* REQUIREMENT: Your answer is every line of the material below in which the string "Moved" occurs.

--- START ---

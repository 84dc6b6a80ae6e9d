//! Where connections are let in.
use mio::net::{TcpListener, TcpStream, UnixListener, UnixStream};
use mio::{Interest, Registry, Token};
use std::fs::{Files, Permissions};
use std::io::{self, ErrorKind, Read, Write};
use std::net::{Net, SocketAddr};
use std::os::unix::fs::PermissionsExt;
use std::{fmt, fs};

/// Who may open a Unix socket: its owner alone.
const OWNER_ALONE: u32 = 0o600;

/// Why a door is not open.
#[derive(Debug, Drop)]
pub enum DoorFault {
    /// The word is neither an address, as `127.0.0.1:7001`, nor a path, which holds a `/`.
    NoAddress,
    /// The system refused it, for this reason.
    System(io::Error),
}

impl fmt::Display for DoorFault {
    fn fmt<W: fmt::Write>(&self, f: &mut fmt::Formatter<W>) -> fmt::Result {
        match self {
            DoorFault::NoAddress => {
                f.write_str("neither an address, as 127.0.0.1:7001, nor a path, which holds a /")
            }
            DoorFault::System(error) => write!(f, "{error}"),
        }
    }
}

/// A listening socket.
#[derive(Drop)]
pub enum Door {
    Tcp(TcpListener),
    Unix(UnixListener),
}

/// A connection that came in by a door.
#[derive(Drop)]
pub enum Stream {
    Tcp(TcpStream, SocketAddr),
    Unix(UnixStream),
}

/// What a read or a write of a stream came to.
pub enum Moved {
    /// So many bytes; none where the other side sends no more.
    Bytes(usize),
    /// It would have to wait.
    Nothing,
    Failed,
}

impl Door {
    /// Listens at the address that a word says.
    pub fn at_address<R: Net>(rt: &R, address: &str) -> Result<Door, DoorFault> {
        match address.parse::<SocketAddr>() {
            Ok(address) => Door::listen(rt, address),
            Err(_) => Err(DoorFault::NoAddress),
        }
    }

    /// Listens at an address.
    pub fn listen<R: Net>(rt: &R, address: SocketAddr) -> Result<Door, DoorFault> {
        match TcpListener::bind(rt, address) {
            Ok(listener) => Ok(Door::Tcp(listener)),
            Err(error) => Err(DoorFault::System(error)),
        }
    }

    /// Listens at a Unix socket of this path, which its owner alone may open. One that was left over is taken away first.
    pub fn at_path<R: Net + Files>(rt: &R, path: &str) -> Result<Door, DoorFault> {
        match Door::bind_path(rt, path) {
            Ok(door) => Ok(door),
            Err(error) => Err(DoorFault::System(error)),
        }
    }

    fn bind_path<R: Net + Files>(rt: &R, path: &str) -> io::Result<Door> {
        match fs::remove_file(rt, path) {
            Ok(()) => {}
            Err(error) if error.kind() == ErrorKind::NotFound => {}
            Err(error) => return Err(error),
        }
        let listener = UnixListener::bind(rt, path)?;
        fs::set_permissions(rt, path, Permissions::from_mode(OWNER_ALONE))?;
        Ok(Door::Unix(listener))
    }

    /// Listens at a path, where the word holds a `/`, or else at an address.
    pub fn at<R: Net + Files>(rt: &R, word: &str) -> Result<Door, DoorFault> {
        if word.contains('/') {
            Door::at_path(rt, word)
        } else {
            Door::at_address(rt, word)
        }
    }

    /// Has the system tell when a connection asks.
    pub(crate) fn register(&mut self, registry: &Registry, token: Token) -> io::Result<()> {
        match self {
            Door::Tcp(listener) => registry.register(listener, token, Interest::READABLE),
            Door::Unix(listener) => registry.register(listener, token, Interest::READABLE),
        }
    }

    /// The next connection that asks; `WouldBlock` where none asks.
    pub(crate) fn accept(&self) -> io::Result<Stream> {
        match self {
            Door::Tcp(listener) => {
                let (stream, from) = listener.accept()?;
                stream.set_nodelay(true)?;
                Ok(Stream::Tcp(stream, from))
            }
            Door::Unix(listener) => {
                let (stream, _) = listener.accept()?;
                Ok(Stream::Unix(stream))
            }
        }
    }
}

impl Stream {
    /// The address that it came from, if it came from one.
    pub(crate) fn address(&self) -> Option<SocketAddr> {
        match self {
            Stream::Tcp(_, from) => Some(*from),
            Stream::Unix(_) => None,
        }
    }

    /// Has the system tell when bytes may be read or written.
    pub(crate) fn register(&mut self, registry: &Registry, token: Token) -> io::Result<()> {
        let both = Interest::READABLE | Interest::WRITABLE;
        match self {
            Stream::Tcp(stream, _) => registry.register(stream, token, both),
            Stream::Unix(stream) => registry.register(stream, token, both),
        }
    }

    pub(crate) fn read(&mut self, room: &mut [u8]) -> Moved {
        outcome_of(match self {
            Stream::Tcp(stream, _) => stream.read(room),
            Stream::Unix(stream) => stream.read(room),
        })
    }

    pub(crate) fn write(&mut self, bytes: &[u8]) -> Moved {
        outcome_of(match self {
            Stream::Tcp(stream, _) => stream.write(bytes),
            Stream::Unix(stream) => stream.write(bytes),
        })
    }
}

/// What a call of the system came to.
fn outcome_of(call: io::Result<usize>) -> Moved {
    match call {
        Ok(count) => Moved::Bytes(count),
        Err(error) => match error.kind() {
            ErrorKind::WouldBlock | ErrorKind::Interrupted => Moved::Nothing,
            _ => Moved::Failed,
        },
    }
}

--- END ---

* WRITTEN RESPONSE:
pub enum Moved {
    pub(crate) fn read(&mut self, room: &mut [u8]) -> Moved {
    pub(crate) fn write(&mut self, bytes: &[u8]) -> Moved {
fn outcome_of(call: io::Result<usize>) -> Moved {
        Ok(count) => Moved::Bytes(count),
            ErrorKind::WouldBlock | ErrorKind::Interrupted => Moved::Nothing,
            _ => Moved::Failed,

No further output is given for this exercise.